Roxanne décide de repartir dans une direction :
-Combien de membres compte votre communauté ?
-En tout et pour tout, il reste cent onze membres.
-Et la plupart d’entre eux doivent être âgés, je suppose.
-C’est exact; la moyenne d’âge et de 83 ans; le plus âgé a 99 ans et vit dans notre maison de retraite à Sherbrooke; Honoré Lépine et moi sommes parmi les plus jeunes.
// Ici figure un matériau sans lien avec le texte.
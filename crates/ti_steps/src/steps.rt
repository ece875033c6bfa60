//! Taking remedies together: that is a step if it is fair to every entry, and each of them is of use.

ghost use Rattle.std.specs.Prelude.{◌≡◌, ◌<◌, IfOk, IsTrue, length, true};
ghost use Rattle.ti_caps.specs.Fits.{string_fits};
ghost use Rattle.std.specs.List.{AllByRecursion};
ghost use Rattle.ti_fixes.specs.Files.{GivesFiles, all_raws, sheets};
ghost use Rattle.ti_steps.specs.Remedies.{Fits};
ghost use Rattle.ti_steps.specs.Steps as spec;
ghost use Rattle.ti_source.specs.Raw.{IsRaw};

use crate::advice::{Adviser, Judged, Remedy};
use crate::entries::{is_fair, same_values};
use crate::findings::is_earned;
use std::alloc::{AllocError, Global};
use ti_caps::Entry;
use ti_fixes::{Change, ChangeFault, Texts, give_each};
use ti_resolve::{Index, ResolveFault, resolve_from};
use ti_source::RawEntry;

/// Whether the change of an entry from `before` to `after` is fair. One whose values stay isn't judged.
fn is_fair_change<A: Adviser>(
    alloc: Global,
    adviser: &A,
    taken: &[Remedy],
    before: &Entry,
    after: &Entry,
) -> Judged
    ensures { IfOk result (λ fair. fair ≡ true
        → spec.IsFairChange (A.finds adviser.now) taken.now before.now after.now) }
{
    if same_values(before, after) {
        Ok(true)
    } else {
        is_fair(alloc, adviser, taken, before, after)
    }
}

/// The entry at `place`, or none if it can't be resolved.
#[tactic(auto, using(ti_resolve::proofs::Taken::raws_fields, ti_resolve::proofs::Taken::names_fit_at))]
pub fn resolved(alloc: Global, index: &Index<'_>, place: usize) -> Result<Option<Entry>, AllocError>
    requires fit { AllByRecursion IsRaw index.now.raws.now }
    requires there { place < length index.now.raws.now }
    ensures { IfOk result (spec.ResolvesTo index.now.raws.now place) }
{
    match resolve_from(alloc, index, place) {
        Ok(entry) => Ok(Some(entry)),
        Err(ResolveFault::NoMemory) => Err(AllocError),
        Err(ResolveFault::NoSuchEntry(_)) => Ok(None),
        Err(ResolveFault::Cycle(_)) => Ok(None),
        Err(ResolveFault::TooMany(_)) => Ok(None),
    }
}

/// Whether an entry changes fairly, or can't be resolved before and after.
fn are_fair<A: Adviser>(
    alloc: Global,
    adviser: &A,
    taken: &[Remedy],
    before: &Option<Entry>,
    after: &Option<Entry>,
) -> Judged
    ensures { IfOk result (λ fair. fair ≡ true
        → spec.AreFair (A.finds adviser.now) taken.now before.now after.now) }
{
    match (before, after) {
        (None, None) => Ok(true),
        (Some(before), Some(after)) => is_fair_change(alloc, adviser, taken, before, after),
        (None, Some(_)) => Ok(false),
        (Some(_), None) => Ok(false),
    }
}

/// Whether the step is fair to the entry at `place`.
fn is_fair_at<A: Adviser>(
    alloc: Global,
    adviser: &A,
    taken: &[Remedy],
    olds: &Index<'_>,
    news: &Index<'_>,
    place: usize,
) -> Judged
    requires fit { AllByRecursion IsRaw olds.now.raws.now }
    requires fit_too { AllByRecursion IsRaw news.now.raws.now }
    requires there { place < length olds.now.raws.now }
    requires there_too { place < length news.now.raws.now }
    ensures { IfOk result (λ fair. fair ≡ true
        → spec.IsFairAt (A.finds adviser.now) taken.now olds.now.raws.now news.now.raws.now place) }
{
    let before = resolved(alloc, olds, place)?;
    let after = resolved(alloc, news, place)?;
    are_fair(alloc, adviser, taken, &before, &after)
}

/// Whether the step is fair to every entry.
fn is_fair_to_all<A: Adviser>(
    alloc: Global,
    adviser: &A,
    taken: &[Remedy],
    olds: &Index<'_>,
    news: &Index<'_>,
) -> Judged
    requires fit { AllByRecursion IsRaw olds.now.raws.now }
    requires fit_too { AllByRecursion IsRaw news.now.raws.now }
    requires as_many { length news.now.raws.now ≡ length olds.now.raws.now }
    ensures { IfOk result (λ fair. fair ≡ true
        → spec.AllFair (A.finds adviser.now) taken.now olds.now.raws.now news.now.raws.now) }
{
    for place in 0..olds.raws.len() {
        let fair = is_fair_at(alloc, adviser, taken, olds, news, place)?;
        if !fair {
            return Ok(false);
        }
    }
    Ok(true)
}

/// Whether the remedy mends an entry, so that no fault is left or its own one was certain.
fn improves<A: Adviser>(
    alloc: Global,
    adviser: &A,
    one: &Remedy,
    before: &Entry,
    after: &Entry,
) -> Judged
    ensures { IfOk result (λ is. is ≡ true → spec.Improves (A.finds adviser.now) one.now before.now after.now) }
{
    let old = adviser.find(alloc, before)?;
    let new = adviser.find(alloc, after)?;
    Ok(is_earned(old.as_slice(), new.as_slice(), one))
}

/// Whether the remedy is of use to the entry that wants it.
fn is_of_use<A: Adviser>(
    alloc: Global,
    adviser: &A,
    one: &Remedy,
    olds: &Index<'_>,
    news: &Index<'_>,
) -> Judged
    requires fit { AllByRecursion IsRaw olds.now.raws.now }
    requires fit_too { AllByRecursion IsRaw news.now.raws.now }
    ensures { IfOk result (λ is. is ≡ true
        → spec.IsEarned (A.finds adviser.now) olds.now.raws.now news.now.raws.now one.now) }
{
    let root = one.root;
    if root >= olds.raws.len() || root >= news.raws.len() {
        return Ok(false);
    }
    let Some(before) = resolved(alloc, olds, root)? else {
        return Ok(false);
    };
    let Some(after) = resolved(alloc, news, root)? else {
        return Ok(false);
    };
    improves(alloc, adviser, one, &before, &after)
}

/// Whether each of the remedies is of use to the entry that wants it.
fn are_of_use<A: Adviser>(
    alloc: Global,
    adviser: &A,
    taken: &[Remedy],
    olds: &Index<'_>,
    news: &Index<'_>,
) -> Judged
    requires fit { AllByRecursion IsRaw olds.now.raws.now }
    requires fit_too { AllByRecursion IsRaw news.now.raws.now }
    ensures { IfOk result (λ are. are ≡ true
        → AllByRecursion (spec.IsEarned (A.finds adviser.now) olds.now.raws.now news.now.raws.now) taken.now) }
{
    for one in taken {
        let of_use = is_of_use(alloc, adviser, one, olds, news)?;
        if !of_use {
            return Ok(false);
        }
    }
    Ok(true)
}

/// The changes of the remedies.
fn changes_of(alloc: Global, taken: &[Remedy]) -> Result<Vec<Change>, AllocError>
    requires { AllByRecursion Fits taken.now }
    ensures changes { IfOk result (λ changes. changes.items ≡ spec.changes_of taken.now) }
    ensures fits { IfOk result (λ changes.
        AllByRecursion (λ change. IsTrue (string_fits change.string)) changes.items) }
{
    let mut changes = Vec::new(alloc);
    for one in taken {
        let change = one.change.try_copy()?;
        changes.push(change)?;
    }
    Ok(changes)
}

/// The outcome of taking remedies together.
#[derive(Drop)]
pub enum Step {
    /// The files in which they are taken.
    Done(Texts),
    /// They aren't taken, for some entry.
    Unfair,
    /// They aren't taken, as no place was found for one of the entry at this place.
    Unplaced(usize),
    /// There is nothing to be taken.
    Ended,
}

/// Whether the `taken` remedies are fair to every entry and of use, by the old files and the new ones.
fn is_right<A: Adviser>(
    alloc: Global,
    adviser: &A,
    taken: &[Remedy],
    olds: &[RawEntry],
    news: &[RawEntry],
) -> Judged
    requires fit { AllByRecursion IsRaw olds.now }
    requires fit_too { AllByRecursion IsRaw news.now }
    requires as_many { length news.now ≡ length olds.now }
    ensures { IfOk result (λ is. is ≡ true → spec.IsRight (A.finds adviser.now) taken.now olds.now news.now) }
{
    let before = Index::new(alloc, olds)?;
    let after = Index::new(alloc, news)?;
    let fair = is_fair_to_all(alloc, adviser, taken, &before, &after)?;
    let earned = are_of_use(alloc, adviser, taken, &before, &after)?;
    Ok(fair && earned)
}

/// The new files, if the `taken` remedies are fair to every entry and of use by them.
fn judged<A: Adviser>(
    alloc: Global,
    adviser: &A,
    old: &Texts,
    taken: &[Remedy],
    new: Texts,
) -> Result<Step, AllocError>
    requires whole { old.now.raws.items ≡ all_raws (sheets old.now.files.items) }
    requires fit { AllByRecursion IsRaw old.now.raws.items }
    requires gives { GivesFiles (spec.changes_of taken.now) (sheets old.now.files.items) (sheets new.files.items) }
    requires raws { new.raws.items ≡ all_raws (sheets new.files.items) }
    ensures { IfOk result (spec.Took (A.finds adviser.now) (sheets old.now.files.items) taken.now) }
{
    let right = is_right(
        alloc,
        adviser,
        taken,
        old.raws.as_slice(),
        new.raws.as_slice(),
    )?;
    if right {
        Ok(Step::Done(new))
    } else {
        Ok(Step::Unfair)
    }
}

/// The files with all of the `taken` remedies, if these are fair to every entry and each of them is of use.
///
/// # Errors
/// Out of memory.
pub fn take_step<A: Adviser>(
    alloc: Global,
    adviser: &A,
    old: &Texts,
    taken: &[Remedy],
) -> Result<Step, AllocError>
    requires whole { old.now.raws.items ≡ all_raws (sheets old.now.files.items) }
    requires fit { AllByRecursion IsRaw old.now.raws.items }
    requires fits { AllByRecursion Fits taken.now }
    ensures { IfOk result (spec.Took (A.finds adviser.now) (sheets old.now.files.items) taken.now) }
{
    let changes = changes_of(alloc, taken)?;
    match give_each(alloc, old.files.as_slice(), changes) {
        Ok(new) => judged(alloc, adviser, old, taken, new),
        Err(ChangeFault::NoMemory) => Err(AllocError),
        Err(ChangeFault::Unplaced(place)) => Ok(Step::Unplaced(place)),
    }
}
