//! Why remedies aren't taken.

ghost use Rattle.std.specs.Prelude.{◌≡◌, ◌≢◌, ◌<◌, ◌&&◌, ◌==◌, IfOk, IfSome, IsTrue, Some, length, not, true};
ghost use Rattle.std.specs.List.{AllByRecursion, list_any};
ghost use Rattle.ti_caps.specs.{Entry.{string_at}, Fits.{string_fits}};
ghost use Rattle.ti_steps.specs.Reasons as spec;
ghost use Rattle.ti_source.specs.Raw.{IsRaw};

use crate::advice::{Adviser, Finding, Judged, Remedy};
use crate::findings::{allows, has_new, is_earned, is_none, is_whole};
use crate::gathering::place_or;
use crate::steps::resolved;
use std::alloc::{AllocError, Global};
use ti_caps::{Cap, Entry, Kind, is_kind};
use ti_resolve::{Index, ResolveFault, origin_from};

/// The reason why a remedy isn't taken.
#[derive(Clone, Copy, Debug, PartialEq, Eq)]
pub enum Reason {
    /// No place was found where its field gives the entry the string, or it wasn't tried.
    Unplaced,
    /// It would change a string of the entry at this place for which nothing is at fault there, or that entry would
    /// stay at fault.
    Changes(usize),
    /// The entry at this place would have a fault about this capability that it hasn't.
    Faults(usize, Cap),
    /// The entry at this place would lose its yes.
    Loses(usize),
    /// The entry that wants it would stay at fault.
    Refused,
}

/// A remedy, and the reason why it isn't taken.
#[derive(Debug, Drop)]
pub struct Kept {
    /// The remedy.
    pub remedy: Remedy,
    /// The reason.
    pub reason: Reason,
}

/// An entry, and what is found about it without a remedy and with it.
#[derive(Drop)]
struct Tried {
    entry: Entry,
    old: Vec<Finding>,
    new: Vec<Finding>,
}

/// Whether the entry at `place` has its value from the field of the remedy, or wants it there.
fn is_touched(alloc: Global, index: &Index<'_>, one: &Remedy, place: usize) -> Judged
    requires { place < length index.now.raws.now }
    ensures { IfOk result (λ is. is ≡ true → spec.IsThere index.now.raws.now one.now place) }
{
    match origin_from(alloc, index, place, one.change.cap) {
        Ok(origin) => Ok(place_or(place, origin) == one.change.place),
        Err(ResolveFault::NoMemory) => Err(AllocError),
        Err(ResolveFault::NoSuchEntry(_)) => Ok(false),
        Err(ResolveFault::Cycle(_)) => Ok(false),
        Err(ResolveFault::TooMany(_)) => Ok(false),
    }
}

/// The entry with the string of the remedy.
fn with_string(entry: &Entry, one: &Remedy) -> Result<Option<Entry>, AllocError>
    requires { IsTrue (string_fits one.now.change.string) }
    ensures { IfOk result (λ found. IfSome found (λ with. with ≡ spec.with_string one.now entry.now)) }
{
    let cap = one.change.cap;
    if !is_kind(cap, Kind::String) {
        return Ok(None);
    }
    let mut changed = entry.try_copy()?;
    changed.set_string(cap, one.change.string.as_slice())?;
    Ok(Some(changed))
}

/// The findings about the entry without the remedy and with it.
fn make_tried<A: Adviser>(
    alloc: Global,
    adviser: &A,
    one: &Remedy,
    entry: Entry,
) -> Result<Option<Tried>, AllocError>
    requires { IsTrue (string_fits one.now.change.string) }
    ensures entry { IfOk result (λ found. IfSome found (λ tried. tried.entry ≡ entry)) }
    ensures found { IfOk result (λ found. IfSome found (λ tried. A.finds adviser.now tried.entry tried.old.items)) }
    ensures found_after { IfOk result (λ found. IfSome found
        (λ tried. A.finds adviser.now (spec.with_string one.now tried.entry) tried.new.items)) }
{
    let Some(after) = with_string(&entry, one)? else {
        return Ok(None);
    };
    let old = adviser.find(alloc, &entry)?;
    let new = adviser.find(alloc, &after)?;
    Ok(Some(Tried { entry, old, new }))
}

/// The findings about the entry at `place` without the remedy and with it; none if that doesn't touch it.
fn tried_at<A: Adviser>(
    alloc: Global,
    adviser: &A,
    index: &Index<'_>,
    one: &Remedy,
    place: usize,
) -> Result<Option<Tried>, AllocError>
    requires fit { AllByRecursion IsRaw index.now.raws.now }
    requires fits { IsTrue (string_fits one.now.change.string) }
    ensures { IfOk result (λ found. IfSome found (λ tried. spec.IsTouched (A.finds adviser.now) index.now.raws.now
        one.now place tried.entry tried.old.items tried.new.items)) }
{
    if place >= index.raws.len() {
        return Ok(None);
    }
    let touched = is_touched(alloc, index, one, place)?;
    if !touched {
        return Ok(None);
    }
    let Some(entry) = resolved(alloc, index, place)? else {
        return Ok(None);
    };
    make_tried(alloc, adviser, one, entry)
}

/// Whether the entry has another string than the remedy's, or none.
fn differs(entry: &Entry, one: &Remedy) -> bool
    ensures { result ≡ true → string_at entry.now one.now.change.cap ≢ Some one.now.change.string }
{
    match entry.get_string(one.change.cap) {
        Some(own) => own != one.change.string.as_slice(),
        None => true,
    }
}

/// Whether the remedy changes a string of the entry, for which that entry may not change.
fn alters(one: &Remedy, tried: &Tried) -> bool
    ensures { result ≡ true → spec.Alters one.now tried.now.entry tried.now.old.items tried.now.new.items }
{
    let whole = is_whole(tried.new.as_slice());
    let allowed = allows(tried.old.as_slice(), whole, one);
    differs(&tried.entry, one) && !allowed
}

/// The capability of a new fault.
fn first_new(old: &[Finding], new: &[Finding]) -> Option<Cap>
    ensures { IfSome result (λ cap. spec.Harms cap old.now new.now) }
{
    for own in new {
        if has_new(old, new, own.cap) {
            return Some(own.cap);
        }
    }
    None
}

/// Why the remedy isn't to be taken, for the entry at `place`.
fn harm_of(one: &Remedy, place: usize, tried: &Tried) -> Option<Reason>
    ensures says { IfSome result
        (spec.Says one.now tried.now.entry tried.now.old.items tried.now.new.items) }
    ensures about { IfSome result (spec.IsAbout place) }
{
    let (old, new) = (tried.old.as_slice(), tried.new.as_slice());
    if is_none(old) && !is_none(new) {
        return Some(Reason::Loses(place));
    }
    if alters(one, tried) {
        return Some(Reason::Changes(place));
    }
    match first_new(old, new) {
        Some(cap) => Some(Reason::Faults(place, cap)),
        None => None,
    }
}

/// Why the remedy isn't to be taken, for the entry at `place`; none if it does that entry no harm.
pub fn harm_at<A: Adviser>(
    alloc: Global,
    adviser: &A,
    index: &Index<'_>,
    one: &Remedy,
    place: usize,
) -> Result<Option<Reason>, AllocError>
    requires fit { AllByRecursion IsRaw index.now.raws.now }
    requires fits { IsTrue (string_fits one.now.change.string) }
    ensures { IfOk result (λ found. IfSome found
        (spec.IsReason (A.finds adviser.now) index.now.raws.now one.now)) }
{
    match tried_at(alloc, adviser, index, one, place)? {
        Some(tried) => Ok(harm_of(one, place, &tried)),
        None => Ok(None),
    }
}

/// `Refused` if the remedy is of no use to the entry that wants it, and else `Unplaced`.
pub fn use_of<A: Adviser>(
    alloc: Global,
    adviser: &A,
    index: &Index<'_>,
    one: &Remedy,
) -> Result<Reason, AllocError>
    requires fit { AllByRecursion IsRaw index.now.raws.now }
    requires fits { IsTrue (string_fits one.now.change.string) }
    ensures { IfOk result (spec.IsReason (A.finds adviser.now) index.now.raws.now one.now) }
{
    match tried_at(alloc, adviser, index, one, one.root)? {
        Some(tried) => {
            if is_earned(tried.old.as_slice(), tried.new.as_slice(), one) {
                Ok(Reason::Unplaced)
            } else {
                Ok(Reason::Refused)
            }
        }
        None => Ok(Reason::Unplaced),
    }
}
Nous n’avons pas eu de nouvelle vocation depuis vingt-cinq ans.
-Et, si je comprends bien, aucun d’entre eux, à part vous deux, ne travaille au collège ?
-En effet; nous avons laissé l’administration de notre collège à des laïcs en 2001. C’est un groupe tout à fait autonome qui gère l’école, même si les bâtiments nous appartiennent encore.
Honoré Lépine intervient à son tour :
-Aucun des frères ne peut avoir commis ces crimes ! C’est impossible ! Ils sont soit trop âgés, ou alors...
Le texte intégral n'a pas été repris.